EXTRACTED DATA Start Marker

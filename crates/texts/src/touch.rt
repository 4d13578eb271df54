// Touches of the memory, in the manner of a stretch.
ghost use Rattle.std.specs.Prelude.{◌<◌};
ghost use Rattle.texts.specs.Owed.{Written};

use crate::author::Author;
use crate::chance::Chance;
use crate::page::Page;
use crate::plan::Manner;
use crate::spell::{Head, Leaf};
use model::{Change, Op};

/// A place that a touch is of.
#[derive(Clone, Copy, Debug, PartialEq)]
enum Where {
    /// Any place at all.
    Any,
    /// Any place below a limit.
    Below(u32),
    /// An own place of the thread that is so many further, among those from a place on.
    Own { further: u32, from: u32 },
}

impl Page {
    /// The number of the thread that is so many further, where the first one follows the last.
    fn thread_further(&mut self, by: u32)
        requires { 0 < self.old.owed }
        ensures { Written self.old.owed self.new.owed }
    {
        if by == 0 {
            self.leaf(Leaf::Me);
        } else if self.open(Head::Operation(Op::Rem)) {
            self.operation(Op::Add, Leaf::Me, Leaf::Number(by));
            self.leaf(Leaf::All);
        }
    }

    /// That number, and a multiple of how many threads there are.
    fn thread_and_times(&mut self, further: u32, times: u32)
        requires { 0 < self.old.owed }
        ensures { Written self.old.owed self.new.owed }
    {
        if times == 0 {
            self.thread_further(further);
        } else if self.open(Head::Operation(Op::Add)) {
            self.operation(Op::Mul, Leaf::Number(times), Leaf::All);
            self.thread_further(further);
        }
    }
}

impl Author<'_> {
    /// An own place, from a place on. Now and then it goes by another name: places are taken modulo the words.
    fn own_place(&mut self, further: u32, from: u32)
        requires { 0 < self.old.page.owed }
        ensures { Written self.old.page.owed self.new.page.owed }
    {
        let times = self.draw.below(self.plan.own_words(from));
        let rounds = if self.draw.percent(10) {
            self.draw.below(9)
        } else {
            0
        };
        let first = from.wrapping_add(self.plan.words.wrapping_mul(rounds));
        if first == 0 {
            self.page.thread_and_times(further, times);
        } else if self.page.open(Head::Operation(Op::Add)) {
            self.page.thread_and_times(further, times);
            self.page.leaf(Leaf::Number(first));
        }
    }

    fn place(&mut self, at: Where)
        requires { 0 < self.old.page.owed }
        ensures { Written self.old.page.owed self.new.page.owed }
    {
        match at {
            Where::Any => self.expression(2),
            Where::Below(limit) => if self.page.open(Head::Operation(Op::Rem)) {
                self.expression(2);
                self.page.leaf(Leaf::Number(limit));
            }
            Where::Own { further, from } => self.own_place(further, from),
        }
    }

    /// A read, or nothing where no variable can be read to.
    fn read(&mut self, at: Where)
        requires { 0 < self.old.page.owed }
        ensures { Written self.old.page.owed self.new.page.owed }
    {
        if self.plan.free == 0 {
            return self.page.leaf(Leaf::Nothing);
        }
        let variable = self.draw.below(self.plan.free);
        if self.page.open(Head::Read(variable)) {
            self.place(at);
        }
    }

    fn update(&mut self, change: Change, at: Where)
        requires { 0 < self.old.page.owed }
        ensures { Written self.old.page.owed self.new.page.owed }
    {
        if self.page.open(Head::Update(change)) {
            self.place(at);
            self.expression(2);
        }
    }

    /// A touch in any way.
    fn any_touch(&mut self, at: Where)
        requires { 0 < self.old.page.owed }
        ensures { Written self.old.page.owed self.new.page.owed }
    {
        match self.draw.below(3) {
            0 => self.read(at),
            1 => self.update(Change::Write, at),
            _ => self.update(Change::Add, at),
        }
    }

    /// A touch by one thread alone.
    fn touch_alone(&mut self, thread: u32)
        requires { 0 < self.old.page.owed }
        ensures { Written self.old.page.owed self.new.page.owed }
    {
        if self.page.open(Head::If) {
            self.page
                .operation(Op::Same, Leaf::Me, Leaf::Number(thread));
            self.any_touch(Where::Any);
            self.page.leaf(Leaf::Nothing);
        }
    }

    /// A touch in the manner of its stretch.
    pub fn touch(&mut self, manner: Manner)
        requires { 0 < self.old.page.owed }
        ensures { Written self.old.page.owed self.new.page.owed }
    {
        let half = self.plan.words / 2;
        let lower = if half == 0 {
            Where::Any
        } else {
            Where::Below(half)
        };
        match manner {
            Manner::Own(further) => self.any_touch(Where::Own { further, from: 0 }),
            Manner::Halves if self.draw.percent(50) => self.read(lower),
            Manner::Halves => self.any_touch(Where::Own {
                further: 0,
                from: half,
            }),
            Manner::Reading => self.read(Where::Any),
            Manner::Adding => self.update(Change::Add, Where::Any),
            Manner::Alone(thread) => self.touch_alone(thread),
            Manner::Wild => self.any_touch(Where::Any),
        }
    }
}
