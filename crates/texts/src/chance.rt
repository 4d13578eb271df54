// What is drawn in many places.
use kernel::draw::Draw;
use model::Op;

/// Draws from which texts are made.
pub trait Chance {
    /// True so many times in a hundred.
    fn percent(&mut self, chance: u32) -> bool;

    /// Mostly a small number, now and then any, or one at which sums wrap.
    fn small_or_large(&mut self) -> u32;

    fn operation(&mut self) -> Op;
}

impl Chance for Draw {
    fn percent(&mut self, chance: u32) -> bool {
        self.below(100) < chance
    }

    fn small_or_large(&mut self) -> u32 {
        match self.below(8) {
            0 => self.next(),
            1 => u32::MAX - self.below(4),
            _ => self.below(20),
        }
    }

    fn operation(&mut self) -> Op {
        Op::try_from(self.below(7)).unwrap_or(Op::Same)
    }
}
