// A text with all that a run of it is asked for.
ghost use Rattle.std.specs.Prelude.{◌≡◌, ◌≤◌, length};

use crate::author::Author;
use crate::chance::Chance;
use crate::page::Page;
use crate::plan::Plan;
use arrayvec::ArrayVec;
use kernel::draw::Draw;
use std::array;

/// How many words a memory has at most.
pub const MOST_WORDS: usize = 16;

/// How many threads there are at most.
pub const MOST_THREADS: u32 = 8;

/// A text, so many threads with so many turns each, and a memory.
#[derive(Debug, PartialEq, Drop)]
pub struct Case {
    page: Page,
    threads: u32,
    turns: u32,
    memory: ArrayVec<u32, MOST_WORDS>,
    ghost few: { threads ≤ 8 },
}

/// Mostly enough for a few loops, now and then too few.
fn some_turns(draw: &mut Draw) -> u32 {
    if draw.percent(25) {
        draw.below(4)
    } else {
        4 + draw.below(13)
    }
}

impl Case {
    /// A case, with nothing owed on its page.
    pub fn draw(draw: &mut Draw) -> Case
        ensures { result.page.owed ≡ 0 }
    {
        let plan = Plan::draw(draw);
        let mut author = Author {
            page: Page::begin(plan.variables()),
            draw,
            plan,
        };
        author.statement();
        let Author { page, draw, .. } = author;
        let mut memory = ArrayVec::from(array::from_fn(|_| draw.small_or_large()));
        memory.truncate(plan.words as usize);
        Case {
            page,
            threads: plan.threads,
            turns: some_turns(draw),
            memory,
        }
    }

    pub fn rows(&self) -> &[u32]
        ensures value { result.now ≡ self.now.page.words.items }
        ensures bound { length result.now ≤ 2048 }
    {
        self.page.rows()
    }

    pub fn threads(&self) -> u32
        ensures value { result ≡ self.now.threads }
        ensures bound { result ≤ 8 }
    {
        self.threads
    }

    pub fn turns(&self) -> u32
        ensures { result ≡ self.now.turns }
    {
        self.turns
    }

    pub fn memory(&self) -> &[u32]
        ensures value { result.now ≡ self.now.memory.items }
        ensures bound { length result.now ≤ 16 }
    {
        self.memory.as_slice()
    }
}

EXTRACTED DATA End Marker

* [TASK DIRECTIONS]
In the entries above, the lines between the one holding "use crate::plan::Manner;" and the one holding "self.operation(Op::Add, Leaf::Me, Leaf::Number(by));", inclusive, are to be printed exactly as written, and those alone.

* [RESPONSE]
use crate::plan::Manner;
use crate::spell::{Head, Leaf};
use model::{Change, Op};

/// A place that a touch is of.
#[derive(Clone, Copy, Debug, PartialEq)]
enum Where {
    /// Any place at all.
    Any,
    /// Any place below a limit.
    Below(u32),
    /// An own place of the thread that is so many further, among those from a place on.
    Own { further: u32, from: u32 },
}

impl Page {
    /// The number of the thread that is so many further, where the first one follows the last.
    fn thread_further(&mut self, by: u32)
        requires { 0 < self.old.owed }
        ensures { Written self.old.owed self.new.owed }
    {
        if by == 0 {
            self.leaf(Leaf::Me);
        } else if self.open(Head::Operation(Op::Rem)) {
            self.operation(Op::Add, Leaf::Me, Leaf::Number(by));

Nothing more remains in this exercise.